All lines below containing the string "Builtin" are to be copied.
◆ ◆ ◆ ◆ ◆
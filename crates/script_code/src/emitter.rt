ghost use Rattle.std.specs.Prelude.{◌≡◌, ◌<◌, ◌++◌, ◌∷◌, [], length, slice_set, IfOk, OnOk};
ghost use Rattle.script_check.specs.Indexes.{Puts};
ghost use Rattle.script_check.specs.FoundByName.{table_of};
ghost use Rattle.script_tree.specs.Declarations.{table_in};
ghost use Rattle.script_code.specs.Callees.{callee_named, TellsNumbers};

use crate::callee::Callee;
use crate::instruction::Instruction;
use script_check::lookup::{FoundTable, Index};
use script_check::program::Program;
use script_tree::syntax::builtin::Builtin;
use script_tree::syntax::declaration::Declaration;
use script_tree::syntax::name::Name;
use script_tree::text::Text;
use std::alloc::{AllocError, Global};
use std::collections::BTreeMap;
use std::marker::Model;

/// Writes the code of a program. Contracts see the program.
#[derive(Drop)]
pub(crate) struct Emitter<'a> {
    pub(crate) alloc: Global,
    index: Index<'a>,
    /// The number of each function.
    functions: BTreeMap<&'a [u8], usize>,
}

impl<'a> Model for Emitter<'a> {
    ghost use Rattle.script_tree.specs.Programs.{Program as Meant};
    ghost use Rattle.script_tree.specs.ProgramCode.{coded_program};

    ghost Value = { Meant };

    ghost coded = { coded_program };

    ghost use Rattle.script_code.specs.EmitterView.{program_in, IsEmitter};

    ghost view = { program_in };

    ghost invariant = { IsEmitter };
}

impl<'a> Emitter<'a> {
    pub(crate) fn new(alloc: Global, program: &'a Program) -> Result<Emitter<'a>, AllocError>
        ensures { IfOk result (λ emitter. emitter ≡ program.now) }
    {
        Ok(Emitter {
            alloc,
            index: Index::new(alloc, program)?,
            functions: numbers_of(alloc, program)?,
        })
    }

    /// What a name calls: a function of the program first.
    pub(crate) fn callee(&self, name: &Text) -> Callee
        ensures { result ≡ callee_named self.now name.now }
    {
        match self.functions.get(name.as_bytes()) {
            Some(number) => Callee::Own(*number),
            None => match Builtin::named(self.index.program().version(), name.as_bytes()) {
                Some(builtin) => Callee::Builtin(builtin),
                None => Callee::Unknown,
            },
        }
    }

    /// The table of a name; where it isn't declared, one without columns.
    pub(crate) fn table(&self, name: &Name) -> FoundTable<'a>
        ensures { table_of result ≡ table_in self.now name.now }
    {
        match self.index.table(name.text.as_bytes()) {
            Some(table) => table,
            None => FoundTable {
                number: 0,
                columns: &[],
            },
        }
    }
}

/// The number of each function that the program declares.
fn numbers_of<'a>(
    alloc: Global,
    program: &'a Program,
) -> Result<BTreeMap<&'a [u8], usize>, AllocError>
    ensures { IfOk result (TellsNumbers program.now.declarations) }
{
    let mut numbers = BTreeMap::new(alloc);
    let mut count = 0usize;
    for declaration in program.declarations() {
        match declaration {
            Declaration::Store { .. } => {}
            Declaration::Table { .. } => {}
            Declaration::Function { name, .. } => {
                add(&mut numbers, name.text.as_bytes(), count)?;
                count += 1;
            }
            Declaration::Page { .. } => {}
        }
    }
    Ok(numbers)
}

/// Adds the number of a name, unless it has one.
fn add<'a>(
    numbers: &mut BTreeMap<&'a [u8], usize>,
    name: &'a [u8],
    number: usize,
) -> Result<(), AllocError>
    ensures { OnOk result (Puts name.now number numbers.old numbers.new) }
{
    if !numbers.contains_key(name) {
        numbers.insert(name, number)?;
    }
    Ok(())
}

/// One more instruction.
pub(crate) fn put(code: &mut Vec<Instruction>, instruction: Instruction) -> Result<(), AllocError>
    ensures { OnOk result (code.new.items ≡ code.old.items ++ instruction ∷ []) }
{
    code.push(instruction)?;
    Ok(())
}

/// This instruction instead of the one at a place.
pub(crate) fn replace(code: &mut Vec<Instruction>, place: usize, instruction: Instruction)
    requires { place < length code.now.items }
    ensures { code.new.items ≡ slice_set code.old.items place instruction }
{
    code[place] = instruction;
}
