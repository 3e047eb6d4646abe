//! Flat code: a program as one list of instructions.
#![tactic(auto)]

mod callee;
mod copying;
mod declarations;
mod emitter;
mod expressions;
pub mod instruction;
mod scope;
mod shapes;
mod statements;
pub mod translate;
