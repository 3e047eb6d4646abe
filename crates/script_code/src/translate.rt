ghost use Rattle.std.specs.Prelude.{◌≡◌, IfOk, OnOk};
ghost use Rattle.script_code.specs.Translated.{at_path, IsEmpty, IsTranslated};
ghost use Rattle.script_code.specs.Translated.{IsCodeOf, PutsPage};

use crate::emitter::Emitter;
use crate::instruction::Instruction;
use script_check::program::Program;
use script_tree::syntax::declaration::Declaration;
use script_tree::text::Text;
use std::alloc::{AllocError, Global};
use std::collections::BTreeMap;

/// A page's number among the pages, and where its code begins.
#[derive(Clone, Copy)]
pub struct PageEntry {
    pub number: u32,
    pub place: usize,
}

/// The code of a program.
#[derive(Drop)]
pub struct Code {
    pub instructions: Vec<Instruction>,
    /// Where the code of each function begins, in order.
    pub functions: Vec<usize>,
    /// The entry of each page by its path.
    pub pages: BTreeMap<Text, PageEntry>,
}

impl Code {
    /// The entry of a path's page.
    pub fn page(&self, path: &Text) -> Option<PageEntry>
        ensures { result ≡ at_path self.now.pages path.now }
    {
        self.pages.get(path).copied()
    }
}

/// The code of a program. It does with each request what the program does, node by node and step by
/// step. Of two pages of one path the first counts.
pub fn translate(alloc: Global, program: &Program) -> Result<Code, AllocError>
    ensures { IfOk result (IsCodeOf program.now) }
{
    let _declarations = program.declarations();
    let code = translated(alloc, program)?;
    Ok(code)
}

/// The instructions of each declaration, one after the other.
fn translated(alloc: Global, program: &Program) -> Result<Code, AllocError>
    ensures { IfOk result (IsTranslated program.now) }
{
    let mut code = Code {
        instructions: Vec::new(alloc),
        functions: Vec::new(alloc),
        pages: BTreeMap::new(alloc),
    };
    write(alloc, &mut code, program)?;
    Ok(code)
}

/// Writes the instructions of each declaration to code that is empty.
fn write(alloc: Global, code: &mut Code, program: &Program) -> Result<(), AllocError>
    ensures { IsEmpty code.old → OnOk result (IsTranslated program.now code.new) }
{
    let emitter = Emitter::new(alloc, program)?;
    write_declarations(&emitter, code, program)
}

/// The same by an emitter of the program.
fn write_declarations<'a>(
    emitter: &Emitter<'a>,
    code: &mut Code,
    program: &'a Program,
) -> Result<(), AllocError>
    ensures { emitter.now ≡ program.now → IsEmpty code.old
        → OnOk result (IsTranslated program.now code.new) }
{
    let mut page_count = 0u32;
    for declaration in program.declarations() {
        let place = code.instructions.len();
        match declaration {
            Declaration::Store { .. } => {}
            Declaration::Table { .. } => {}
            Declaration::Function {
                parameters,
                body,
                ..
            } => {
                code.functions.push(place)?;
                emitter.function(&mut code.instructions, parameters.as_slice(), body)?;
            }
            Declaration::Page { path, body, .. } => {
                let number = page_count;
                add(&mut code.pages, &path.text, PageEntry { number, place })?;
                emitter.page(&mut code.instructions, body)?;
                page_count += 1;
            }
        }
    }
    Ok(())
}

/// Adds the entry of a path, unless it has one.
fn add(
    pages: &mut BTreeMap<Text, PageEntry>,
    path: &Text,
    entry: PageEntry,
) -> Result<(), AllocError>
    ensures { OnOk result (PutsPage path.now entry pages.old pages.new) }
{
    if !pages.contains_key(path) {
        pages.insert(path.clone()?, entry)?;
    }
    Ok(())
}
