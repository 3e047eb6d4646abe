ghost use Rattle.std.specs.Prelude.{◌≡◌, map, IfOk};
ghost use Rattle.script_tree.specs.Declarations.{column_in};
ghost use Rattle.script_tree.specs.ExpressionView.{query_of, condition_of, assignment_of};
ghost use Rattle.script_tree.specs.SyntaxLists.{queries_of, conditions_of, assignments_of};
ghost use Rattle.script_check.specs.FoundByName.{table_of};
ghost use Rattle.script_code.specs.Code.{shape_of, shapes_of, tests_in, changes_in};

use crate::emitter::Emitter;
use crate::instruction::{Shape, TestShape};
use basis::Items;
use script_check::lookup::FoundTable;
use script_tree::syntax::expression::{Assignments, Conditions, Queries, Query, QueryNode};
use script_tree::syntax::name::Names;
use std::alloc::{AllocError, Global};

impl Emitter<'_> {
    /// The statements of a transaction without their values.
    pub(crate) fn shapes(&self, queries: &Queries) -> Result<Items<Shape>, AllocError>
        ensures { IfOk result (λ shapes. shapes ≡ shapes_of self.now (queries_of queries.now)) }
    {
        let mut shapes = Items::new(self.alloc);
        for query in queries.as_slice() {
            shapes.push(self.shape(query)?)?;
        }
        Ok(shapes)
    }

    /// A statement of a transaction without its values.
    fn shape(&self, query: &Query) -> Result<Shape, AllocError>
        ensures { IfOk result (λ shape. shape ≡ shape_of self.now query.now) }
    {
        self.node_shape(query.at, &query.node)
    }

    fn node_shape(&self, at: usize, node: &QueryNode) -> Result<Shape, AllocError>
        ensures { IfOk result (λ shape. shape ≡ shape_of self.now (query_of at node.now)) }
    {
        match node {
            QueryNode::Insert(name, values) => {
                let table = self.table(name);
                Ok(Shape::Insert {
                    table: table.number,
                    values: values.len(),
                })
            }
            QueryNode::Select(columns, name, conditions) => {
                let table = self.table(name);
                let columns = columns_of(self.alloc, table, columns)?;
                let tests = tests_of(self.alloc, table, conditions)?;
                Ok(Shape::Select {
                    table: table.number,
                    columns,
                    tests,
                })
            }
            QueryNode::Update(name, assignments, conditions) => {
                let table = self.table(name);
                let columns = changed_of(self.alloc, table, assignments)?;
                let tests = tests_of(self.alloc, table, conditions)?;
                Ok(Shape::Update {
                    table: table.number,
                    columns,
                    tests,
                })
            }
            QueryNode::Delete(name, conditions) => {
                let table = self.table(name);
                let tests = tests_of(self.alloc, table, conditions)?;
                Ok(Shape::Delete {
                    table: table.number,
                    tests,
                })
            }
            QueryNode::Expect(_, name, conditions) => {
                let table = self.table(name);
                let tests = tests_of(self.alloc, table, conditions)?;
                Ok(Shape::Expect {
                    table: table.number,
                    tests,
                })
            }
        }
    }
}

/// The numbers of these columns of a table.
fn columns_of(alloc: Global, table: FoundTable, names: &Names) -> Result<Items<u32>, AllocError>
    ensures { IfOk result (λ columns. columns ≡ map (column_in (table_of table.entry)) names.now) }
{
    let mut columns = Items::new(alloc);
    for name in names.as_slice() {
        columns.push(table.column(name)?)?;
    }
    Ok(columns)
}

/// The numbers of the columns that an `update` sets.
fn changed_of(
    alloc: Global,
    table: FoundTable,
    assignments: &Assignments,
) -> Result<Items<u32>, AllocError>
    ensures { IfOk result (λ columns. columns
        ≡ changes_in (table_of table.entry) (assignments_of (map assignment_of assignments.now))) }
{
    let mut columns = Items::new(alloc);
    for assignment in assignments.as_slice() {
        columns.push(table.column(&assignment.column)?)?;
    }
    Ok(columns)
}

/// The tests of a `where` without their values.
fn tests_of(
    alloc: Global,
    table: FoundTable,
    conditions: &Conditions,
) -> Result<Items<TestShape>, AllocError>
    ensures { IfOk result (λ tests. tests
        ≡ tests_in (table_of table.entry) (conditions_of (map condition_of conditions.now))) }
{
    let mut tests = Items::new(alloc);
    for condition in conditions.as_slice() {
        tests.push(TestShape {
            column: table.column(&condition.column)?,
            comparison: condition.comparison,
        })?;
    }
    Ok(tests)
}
◆ ◆ ◆ ◆ ◆
* _Solution_
use script_tree::syntax::builtin::Builtin;
            None => match Builtin::named(self.index.program().version(), name.as_bytes()) {
                Some(builtin) => Callee::Builtin(builtin),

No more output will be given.